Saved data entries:
//! Values of one token.
ghost use Rattle.std.specs.Prelude.{◌∷◌, IfSome};
ghost use Rattle.serde_json.specs.Data.{Data, string};
ghost use Rattle.trace_types.specs.Names.{name_text};
ghost use Rattle.trace_reader.specs.Plain.{IsScalar, IsValue};

use crate::look::Seen;
use crate::plain::names::op_name;
use crate::plain::numbers::natural;
use crate::plain::texts::{is_delimited, unescaped};
use trace_types::names::OpName;

/// A natural number, null or the text `me`, and what comes after it.
#[inline(always)]
pub fn scalar(text: &[u8]) -> Option<(Seen<'static>, &[u8])>
    ensures { IfSome result (λ found. IsScalar text.now found.0 found.1.now) }
{
    if let Some((n, rest)) = natural(text) {
        return Some((Seen::Natural(n), rest));
    }
    word(text)
}

// Null or the text `me`.
fn word(text: &[u8]) -> Option<(Seen<'static>, &[u8])>
    ensures { IfSome result (λ found. IsScalar text.now found.0 found.1.now) }
{
    match text {
        [b'n', b'u', b'l', b'l', rest @ ..] => if is_delimited(rest) {
            Some((Seen::Nothing, rest))
        } else {
            None
        },
        [b'"', b'm', b'e', b'"', rest @ ..] => if is_delimited(rest) {
            Some((Seen::Text("me"), rest))
        } else {
            None
        },
        _ => None,
    }
}

/// A text that names an operation, and what comes after it.
#[inline(always)]
pub fn op(text: &[u8]) -> Option<(OpName, &[u8])>
    ensures { IfSome result (λ found. IsValue text.now (string (name_text found.0)) found.1.now) }
{
    let [b'"', named @ ..] = text else {
        return None;
    };
    let (name, rest) = op_name(named)?;
    if !is_delimited(rest) {
        return None;
    }
    Some((name, rest))
}

/// A value that is passed: a natural number, null, a text without escapes or a truth value. What comes after it.
pub fn passed(text: &[u8]) -> Option<&[u8]>
    ensures { IfSome result (λ rest. (d : Data) × IsValue text.now d rest.now) }
{
    if let [b'"', inside @ ..] = text {
        return passed_text(inside);
    }
    match scalar(text) {
        Some((_, rest)) => Some(rest),
        None => truth_value(text),
    }
}

// A text of which the opening quote was read.
fn passed_text(text: &[u8]) -> Option<&[u8]>
    ensures { IfSome result (λ rest. (d : Data) × IsValue (34 ∷ text.now) d rest.now) }
{
    let (_, rest) = unescaped(text)?;
    if !is_delimited(rest) {
        return None;
    }
    Some(rest)
}

fn truth_value(text: &[u8]) -> Option<&[u8]>
    ensures { IfSome result (λ rest. (d : Data) × IsValue text.now d rest.now) }
{
    match text {
        [b't', b'r', b'u', b'e', rest @ ..] => if is_delimited(rest) { Some(rest) } else { None },
        [b'f', b'a', b'l', b's', b'e', rest @ ..] => if is_delimited(rest) {
            Some(rest)
        } else {
            None
        },
        _ => None,
    }
}
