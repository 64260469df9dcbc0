//! Handles: clone, drop, downgrade, upgrade, counts, ptr_eq.
ghost use Rattle.trace_types.specs.declared.kinds.Kind.TheVariants as kind;
ghost use Rattle.ownership_model.specs.Rows.{row_in, Tells};

use crate::room::Room;
use crate::wants::{held, is_alive, unheld};
use object_heap::Heap;
use ownership_model::effects::drops;
use ownership_model::plan::yes_if;
use ownership_model::questions::{counted_in, slot_in, strong_in, weak_in};
use ownership_model::{Plan, Stop};
use std::alloc::Global;
use trace_types::outcomes::Answer;
use trace_types::slots::{Change, Holding, Item, Slot};

/// `Arc::clone`, `Weak::clone`
pub fn clone(room: &mut Room, heap: &Heap, label: u32, from: u32, to: u32) -> Result<Plan, Stop>
    ensures { Tells result (row_in heap.now label 0 (kind.Clone from to)) }
{
    let slot = slot_in(from, held(heap, from)?)?;
    unheld(heap, to)?;
    Ok(Plan::hold(room.changes(), label, Answer::Done, to, slot, slot.object())?)
}

/// `drop`
pub fn drop(room: &mut Room, heap: &Heap, h: u32) -> Result<Plan, Stop>
    ensures { Tells result (row_in heap.now 0 0 (kind.Drop h)) }
{
    let held = held(heap, h)?;
    let changes = room.change(Change::EndHandle(h))?;
    match held {
        Holding::Slot(slot) => {
            let pending = room.item(Item::Slot(*slot))?;
            Ok(Plan::act(Answer::Done, changes, pending, slot.object()))
        }
        Holding::Bare(fields) => {
            let pending = drops(room.alloc(), fields.as_slice(), &[])?;
            Ok(Plan::act(Answer::Done, changes, pending, None))
        }
    }
}

/// `Arc::downgrade`
pub fn downgrade(room: &mut Room, heap: &Heap, label: u32, from: u32, to: u32) -> Result<Plan, Stop>
    ensures { Tells result (row_in heap.now label 0 (kind.Downgrade from to)) }
{
    let object = strong_in(from, held(heap, from)?)?;
    unheld(heap, to)?;
    Ok(Plan::hold(
        room.changes(),
        label,
        Answer::Done,
        to,
        Slot::Weak(object),
        Some(object),
    )?)
}

/// `Weak::upgrade`
pub fn upgrade(room: &mut Room, heap: &Heap, label: u32, from: u32, to: u32) -> Result<Plan, Stop>
    ensures { Tells result (row_in heap.now label 0 (kind.Upgrade from to)) }
{
    let object = weak_in(from, held(heap, from)?)?;
    unheld(heap, to)?;
    match object {
        Some(named) if is_alive(heap, named) => {
            Ok(Plan::hold(
                room.changes(),
                label,
                Answer::Yes,
                to,
                Slot::Strong(named),
                object,
            )?)
        }
        _ => Ok(Plan::hold(room.changes(), label, Answer::No, to, Slot::Nothing, object)?),
    }
}

/// `Arc::strong_count` and `Arc::weak_count`, or those of `Weak`
pub fn counts(alloc: Global, heap: &Heap, h: u32) -> Result<Plan, Stop>
    ensures { Tells result (row_in heap.now 0 0 (kind.Counts h)) }
{
    let object = counted_in(h, held(heap, h)?)?;
    Ok(Plan::say(alloc, Answer::Done, object))
}

/// `Arc::ptr_eq`
pub fn ptr_eq(alloc: Global, heap: &Heap, a: u32, b: u32) -> Result<Plan, Stop>
    ensures { Tells result (row_in heap.now 0 0 (kind.PtrEq a b)) }
{
    let one = held(heap, a)?;
    let other = held(heap, b)?;
    let object = strong_in(a, one)?;
    let another = strong_in(b, other)?;
    Ok(Plan::say(alloc, yes_if(object == another), Some(object)))
}
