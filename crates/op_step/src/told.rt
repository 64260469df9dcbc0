//! Keys that an operation touches, and that neither it nor its outcome names, told beside what it does.
ghost use Rattle.std.specs.Prelude.{◌≡◌, ◌++◌, [], OnOk, map, flat_map, option_to_list};
ghost use Rattle.std.specs.Option.{option_copied};
ghost use Rattle.ownership_model.specs.declared.key.Key.TheVariants as key;
ghost use Rattle.ownership_model.specs.Alike.{Covers};
ghost use Rattle.ownership_model.specs.View.{members, named_in};
ghost use Rattle.op_step.specs.Told.{first_keys, ended_key, ended_keys, unnamed_keys};

use object_heap::{Heap, take_back, tell_once};
use ownership_model::{Key, Plan};
use std::alloc::AllocError;
use trace_types::kinds::Kind;
use trace_types::slots::{Change, Holding, Slot};

/// Tells what an operation that has this plan reads or sets, where neither it nor its outcome names it, nor the plan moves it: the object that the
/// first handle of one that is skipped names, and the handles of a scope that ends.
#[inline(always)]
pub fn tell_unnamed(
    heap: &Heap,
    kind: &Kind,
    plan: &Plan,
    keys: &mut Vec<Key>,
) -> Result<(), AllocError>
    ensures { OnOk result (Covers keys.new.items
        (keys.old.items ++ unnamed_keys heap.now kind.now plan.now)) }
{
    match plan {
        Plan::Skip(_) => tell_first(heap, kind, keys),
        Plan::Act {
            answer: _,
            changes,
            event: _,
            pending: _,
            object: _,
        } => tell_scope(kind, changes.as_slice(), keys),
    }
}

/// Tells the object whose counts are told, so that it isn't told once more behind itself.
#[inline(always)]
pub fn tell_object(object: Option<u32>, keys: &mut Vec<Key>) -> Result<(), AllocError>
    ensures { OnOk result (Covers keys.new.items keys.old.items) }
{
    match object {
        Some(object) => tell_once(object, keys),
        None => Ok(()),
    }
}

/// Takes back the object whose counts are told, where it still stands last: the outcome has it.
#[inline(always)]
pub fn untell_object(object: Option<u32>, keys: &mut Vec<Key>)
    ensures { Covers (keys.new.items ++ map key.Object (option_to_list object)) keys.old.items }
{
    if let Some(object) = object {
        take_back(object, keys);
    }
}

// Tells the object that the first handle names, if it names one.
fn tell_first(heap: &Heap, kind: &Kind, keys: &mut Vec<Key>) -> Result<(), AllocError>
    ensures { OnOk result (Covers keys.new.items (keys.old.items ++ first_keys heap.now kind.now)) }
{
    match first_handle(kind) {
        Some(h) => tell_named(named_object(heap.holding(h)), keys),
        None => Ok(()),
    }
}

fn tell_named(object: Option<u32>, keys: &mut Vec<Key>) -> Result<(), AllocError>
    ensures { OnOk result (Covers keys.new.items
        (keys.old.items ++ map key.Object (option_to_list object))) }
{
    match object {
        Some(object) => tell_once(object, keys),
        None => Ok(()),
    }
}

// Tells the handles of a scope that ends.
#[inline(always)]
fn tell_scope(kind: &Kind, changes: &[Change], keys: &mut Vec<Key>) -> Result<(), AllocError>
    ensures { OnOk result (Covers keys.new.items
        (keys.old.items ++ ended_keys kind.now changes.now)) }
{
    if let Kind::ScopeEnd = kind {
        return tell_ended(changes, keys);
    }
    Ok(())
}

// Tells the handles that changes end.
fn tell_ended(changes: &[Change], keys: &mut Vec<Key>) -> Result<(), AllocError>
    ensures { OnOk result (Covers keys.new.items
        (keys.old.items ++ flat_map ended_key changes.now)) }
{
    for change in changes {
        tell_end(change, keys)?;
    }
    Ok(())
}

fn tell_end(change: &Change, keys: &mut Vec<Key>) -> Result<(), AllocError>
    ensures { OnOk result (keys.new.items ≡ keys.old.items ++ ended_key change.now) }
{
    match change {
        Change::EndHandle(handle) => Ok(keys.push(Key::Handle(*handle))?),
        Change::SetHandle(_, _, _)
        | Change::SetCell(_, _)
        | Change::EndCell(_)
        | Change::SetField(_, _, _)
        | Change::Make(_, _)
        | Change::TurnHusk(_) => Ok(()),
    }
}

// The object that what a handle holds names.
fn named_object(held: Option<&Holding>) -> Option<u32>
    ensures { result ≡ named_in (option_copied held.entry) }
{
    match held {
        Some(Holding::Slot(Slot::Strong(object) | Slot::Weak(object))) => Some(*object),
        Some(Holding::Slot(Slot::Nothing | Slot::Dangling) | Holding::Bare(_)) | None => None,
    }
}

// The handle that stands first among the members of an operation.
fn first_handle(kind: &Kind) -> Option<u32>
    ensures { result ≡ (members [] kind.now).first }
{
    match kind {
        Kind::New { to: h, fields: _ }
        | Kind::NewCyclic { to: h, fields: _ }
        | Kind::NewFrom { from: h, to: _ }
        | Kind::WeakNew { to: h }
        | Kind::Null { to: h }
        | Kind::Clone { from: h, to: _ }
        | Kind::Drop { h }
        | Kind::Downgrade { from: h, to: _ }
        | Kind::Upgrade { from: h, to: _ }
        | Kind::TryUnwrap { h }
        | Kind::IntoInner { h }
        | Kind::GetMut { h }
        | Kind::MakeMut { h }
        | Kind::Counts { h }
        | Kind::PtrEq { a: h, b: _ }
        | Kind::Set { h, i: _, from: _ }
        | Kind::Take { h, i: _, to: _ }
        | Kind::Get { h, i: _, to: _ }
        | Kind::CellNew { c: _, from: h }
        | Kind::CellLoad { c: _, to: h }
        | Kind::CellSwap {
            c: _,
            from: h,
            to: _,
        }
        | Kind::CellCas {
            c: _,
            expected: h,
            desired: _,
        } => Some(*h),
        Kind::CellDrop { c: _ } | Kind::ScopeEnd => None,
    }
}
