//! Natural numbers of digits alone.
ghost use Rattle.std.specs.Prelude.{◌≡◌, ◌≤◌, ◌++◌, ◌<◌, ◌^◌, IfSome, decimal, length, take};
ghost use Rattle.std.specs.Str.Parse.{AllDigits, digits_value};
ghost use Rattle.trace_reader.specs.Plain.{IsDelimited};

use crate::plain::texts::is_delimited;

/// The number that stands at the front, and what comes after it: a comma or a closing bracket.
#[inline(always)]
pub fn natural(text: &[u8]) -> Option<(u64, &[u8])>
    ensures number { IfSome result
        (λ found. (text.now ≡ decimal found.0 ++ found.1.now) × (found.0 < 2 ^ 64)) }
    ensures ended { IfSome result (λ found. IsDelimited found.1.now) }
{
    let (n, len) = digits(text)?;
    if text[0] == b'0' && len > 1 {
        return None;
    }
    let rest = &text[len..];
    if !is_delimited(rest) {
        return None;
    }
    Some((n, rest))
}

// The number that the digits at the front write, below 2^64 - 6, and how many there are.
#[inline(always)]
fn digits(text: &[u8]) -> Option<(u64, usize)>
    ensures value { IfSome result (λ found. (found.0 ≡ digits_value 10 (take found.1 text.now))
        × AllDigits 10 (take found.1 text.now)) }
    ensures len { IfSome result
        (λ found. (0 < found.1) × (found.1 ≤ length text.now) × (found.0 < 2 ^ 64)) }
{
    let mut n: u64 = 0;
    let mut len = 0;
    'digits: while len < text.len() && text[len].is_ascii_digit() {
        if n >= u64::MAX / 10 {
            return None;
        }
        n = n * 10 + (text[len] - b'0') as u64;
        len += 1;
    }
    if len == 0 {
        return None;
    }
    Some((n, len))
}
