//! A stretch of operations that was replayed from a heap.
ghost use Rattle.std.specs.Prelude.{◌≡◌, ◌≤◌, ◌+◌, IfOk, OnOk, IsTrue, length};
ghost use Rattle.std.specs.Arc.{arc_value};
ghost use Rattle.trace_types.specs.Trace.{has_distinct_numbers};
ghost use Rattle.ownership_model.specs.Step.{outcomes_from, end_from, AreUnused};
ghost use Rattle.heap_difference.specs.KeySets.{set_of};
ghost use Rattle.heap_difference.specs.Laws.{HasTouched};
ghost use Rattle.heap_difference.specs.Naming.{with_names};
ghost use Rattle.op_step.specs.Chunk.{IsReplayOf};
ghost use Rattle.op_step.specs.Meter.{raised};

use crate::meter::Meter;
use crate::replay::replay_told;
use object_heap::Heap;
use ownership_model::Key;
use std::alloc::{AllocError, Global};
use std::marker::Model;
use std::sync::Arc;
use trace_types::ops::Op;
use trace_types::outcomes::Outcome;
use trace_types::sequence::Sequence;

/// Operations that were replayed, with their outcomes. Who replays the same operations again from elsewhere may share them.
#[derive(Drop)]
pub struct Replayed {
    pub ops: Arc<Vec<Op>>,
    pub outcomes: Sequence<Outcome>,
}

/// Operations with distinct numbers, of which no object of the start has one, with what their replay from the start
/// gives: their outcomes, and the heap in the end. Contracts see the start and the operations, which tell the rest.
#[derive(Drop)]
pub struct ChunkRun {
    start: Heap,
    replayed: Arc<Replayed>,
    end: Heap,
    // what the operations touch, move or copy, and neither they nor their outcomes name, as their replay told it
    keys: Arc<Vec<Key>>,
}

impl Model for ChunkRun {
    ghost use Rattle.std.specs.Arc.{arc_value};
    ghost use Rattle.heap_difference.specs.KeySets.{set_of};
    ghost use Rattle.heap_difference.specs.Laws.{HasTouched};
    ghost use Rattle.heap_difference.specs.Naming.{with_names};
    ghost use Rattle.op_step.specs.Chunk.{Chunk, chunk_code, IsReplayOf};

    ghost Value = { Chunk };

    ghost coded = { chunk_code };

    ghost view = { λ c. record { start = c.start; ops = (arc_value (arc_value c.replayed).ops).items } };

    ghost invariant = { λ c. IsReplayOf (record {
      start = c.start;
      ops = (arc_value (arc_value c.replayed).ops).items;
    }) (arc_value c.replayed).outcomes c.end
        × HasTouched (set_of (with_names (arc_value c.keys).items (arc_value (arc_value c.replayed).ops).items
        (arc_value c.replayed).outcomes)) c.start (arc_value (arc_value c.replayed).ops).items };
}

/// Replays operations from a heap. Their numbers are distinct, and no object of the heap has one of them.
///
/// The meter is raised by the number of operations, and where memory runs out by at most that.
pub fn run(
    alloc: Global,
    start: &Heap,
    ops: &[Op],
    meter: &mut Meter,
) -> Result<ChunkRun, AllocError>
    requires distinct { IsTrue (has_distinct_numbers ops.now) }
    requires unused { AreUnused start.now ops.now }
    ensures chunk { IfOk result (λ c. c ≡ record { start = start.now; ops = ops.now }) }
    ensures counted { OnOk result (meter.new ≡ raised meter.old (length ops.now)) }
    ensures never_less { meter.old ≤ meter.new }
    ensures never_more { meter.new ≤ meter.old + length ops.now }
{
    let copies = Arc::new(alloc, copy_ops(alloc, ops)?)?;
    run_of(alloc, start, copies, meter)
}

/// As `run`, of operations that it shares: none is copied.
pub fn run_of(
    alloc: Global,
    start: &Heap,
    ops: Arc<Vec<Op>>,
    meter: &mut Meter,
) -> Result<ChunkRun, AllocError>
    requires distinct { IsTrue (has_distinct_numbers (arc_value ops).items) }
    requires unused { AreUnused start.now (arc_value ops).items }
    ensures chunk { IfOk result (λ c. c ≡ record { start = start.now; ops = (arc_value ops).items }) }
    ensures counted { OnOk result (meter.new ≡ raised meter.old (length (arc_value ops).items)) }
    ensures never_less { meter.old ≤ meter.new }
    ensures never_more { meter.new ≤ meter.old + length (arc_value ops).items }
{
    start.show_sound();
    // Room for two keys of each operation: the list grows where they are more.
    let mut told = Vec::with_capacity(alloc, ops.len().saturating_mul(2))?;
    let (outcomes, end) = replay_told(alloc, start.share()?, ops.as_slice(), meter, &mut told)?;
    let replayed = Replayed { ops, outcomes };
    Ok(ChunkRun {
        start: start.share()?,
        replayed: Arc::new(alloc, replayed)?,
        end,
        keys: Arc::new(alloc, told)?,
    })
}

/// The same operations again.
pub fn copy_ops(alloc: Global, ops: &[Op]) -> Result<Vec<Op>, AllocError>
    ensures { IfOk result (λ v. v.items ≡ ops.now) }
{
    let mut copies = Vec::with_capacity(alloc, ops.len())?;
    for op in ops {
        copies.push(op.clone()?)?;
    }
    Ok(copies)
}

impl ChunkRun {
    /// The chunk of operations that were replayed already: the heap where they begin, the operations with their outcomes, the heap behind them,
    /// and the keys that their replay told. Nothing is copied.
    pub fn of(start: Heap, replayed: Arc<Replayed>, end: Heap, keys: Arc<Vec<Key>>) -> ChunkRun
        requires replay { IsReplayOf (record { start = start; ops = (arc_value (arc_value replayed).ops).items })
            (arc_value replayed).outcomes end }
        requires touched { HasTouched (set_of (with_names (arc_value keys).items
            (arc_value (arc_value replayed).ops).items (arc_value replayed).outcomes)) start
            (arc_value (arc_value replayed).ops).items }
        ensures { result ≡ record { start = start; ops = (arc_value (arc_value replayed).ops).items } }
    {
        ChunkRun {
            start,
            replayed,
            end,
            keys,
        }
    }

    /// The heap before the first operation.
    pub fn start(&self) -> &Heap
        ensures { result.now ≡ self.now.start }
    {
        &self.start
    }

    /// The operations, in order. By its clauses a caller knows that their numbers are distinct and that no object of
    /// the start has one.
    pub fn ops(&self) -> &[Op]
        ensures value { result.now ≡ self.now.ops }
        ensures distinct { IsTrue (has_distinct_numbers self.now.ops) }
        ensures unused { AreUnused self.now.start self.now.ops }
    {
        self.replayed.ops.as_slice()
    }

    /// What the operations did, one outcome for each.
    pub fn outcomes(&self) -> &[Outcome]
        ensures { result.now ≡ outcomes_from self.now.start self.now.ops }
    {
        self.replayed.outcomes.as_slice()
    }

    /// The operations and their outcomes, which a share has without a copy.
    pub fn replayed(&self) -> &Arc<Replayed>
        ensures ops { (arc_value (arc_value result.now).ops).items ≡ self.now.ops }
        ensures outcomes { (arc_value result.now).outcomes
            ≡ outcomes_from self.now.start self.now.ops }
    {
        &self.replayed
    }

    /// The heap after the last operation.
    pub fn end(&self) -> &Heap
        ensures { result.now ≡ end_from self.now.start self.now.ops }
    {
        &self.end
    }

    /// With what the operations and their outcomes name these are all keys that the operations touch, move or copy, and perhaps more: as their
    /// replay told them, some more than once. A share has them without a copy.
    pub fn keys(&self) -> &Arc<Vec<Key>>
        ensures { HasTouched (set_of (with_names (arc_value result.now).items self.now.ops
            (outcomes_from self.now.start self.now.ops))) self.now.start self.now.ops }
    {
        &self.keys
    }

    /// The same chunk again. Copies no operation and no outcome.
    pub fn share(&self) -> Result<ChunkRun, AllocError>
        ensures { IfOk result (λ c. c ≡ self.now) }
    {
        Ok(ChunkRun {
            start: self.start.share()?,
            replayed: Arc::try_clone(&self.replayed)?,
            end: self.end.share()?,
            keys: Arc::try_clone(&self.keys)?,
        })
    }
}
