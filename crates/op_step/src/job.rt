//! A stretch of operations that is still to be replayed from a heap.
ghost use Rattle.std.specs.Prelude.{◌≡◌, IfOk, IsTrue};
ghost use Rattle.trace_types.specs.Trace.{has_distinct_numbers};
ghost use Rattle.ownership_model.specs.Step.{AreUnused};

use crate::chunk_run::{ChunkRun, run};
use crate::meter::Meter;
use object_heap::Heap;
use std::alloc::{AllocError, Global};
use std::marker::Model;
use trace_types::ops::Op;

/// Operations with distinct numbers, of which no object of the start has one, to be replayed from the start. Contracts see it
/// as the chunk that its replay is.
#[derive(Drop)]
pub struct Job {
    start: Heap,
    ops: Vec<Op>,
}

impl Model for Job {
    ghost use Rattle.std.specs.Prelude.{IsTrue};
    ghost use Rattle.trace_types.specs.Trace.{has_distinct_numbers};
    ghost use Rattle.ownership_model.specs.Step.{AreUnused};
    ghost use Rattle.op_step.specs.Chunk.{Chunk, chunk_code};

    ghost Value = { Chunk };

    ghost coded = { chunk_code };

    ghost view = { λ j. record { start = j.start; ops = j.ops.items } };

    ghost invariant = { λ j. IsTrue (has_distinct_numbers j.ops.items) × AreUnused j.start j.ops.items };
}

impl Job {
    /// A job of these operations. Their numbers are distinct, and no object of the heap has one of them.
    pub fn new(start: Heap, ops: Vec<Op>) -> Job
        requires distinct { IsTrue (has_distinct_numbers ops.items) }
        requires unused { AreUnused start ops.items }
        ensures { result ≡ record { start = start; ops = ops.items } }
    {
        Job { start, ops }
    }

    /// The heap before the first operation.
    pub fn start(&self) -> &Heap
        ensures { result.now ≡ self.now.start }
    {
        &self.start
    }

    /// The operations, in order. By its clauses a caller knows that their numbers are distinct and that no object of
    /// the start has one.
    pub fn ops(&self) -> &[Op]
        ensures value { result.now ≡ self.now.ops }
        ensures distinct { IsTrue (has_distinct_numbers self.now.ops) }
        ensures unused { AreUnused self.now.start self.now.ops }
    {
        self.ops.as_slice()
    }

    /// Replays the operations from the start, with a meter of its own.
    pub fn run(&self, alloc: Global) -> Result<ChunkRun, AllocError>
        ensures { IfOk result (λ c. c ≡ self.now) }
    {
        run(alloc, &self.start, self.ops.as_slice(), &mut Meter::new())
    }
}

ABOUT THIS EXERCISE: Read the entries and show each line that mentions "static".

OUTPUT FOR THIS EXERCISE:
pub fn scalar(text: &[u8]) -> Option<(Seen<'static>, &[u8])>
fn word(text: &[u8]) -> Option<(Seen<'static>, &[u8])>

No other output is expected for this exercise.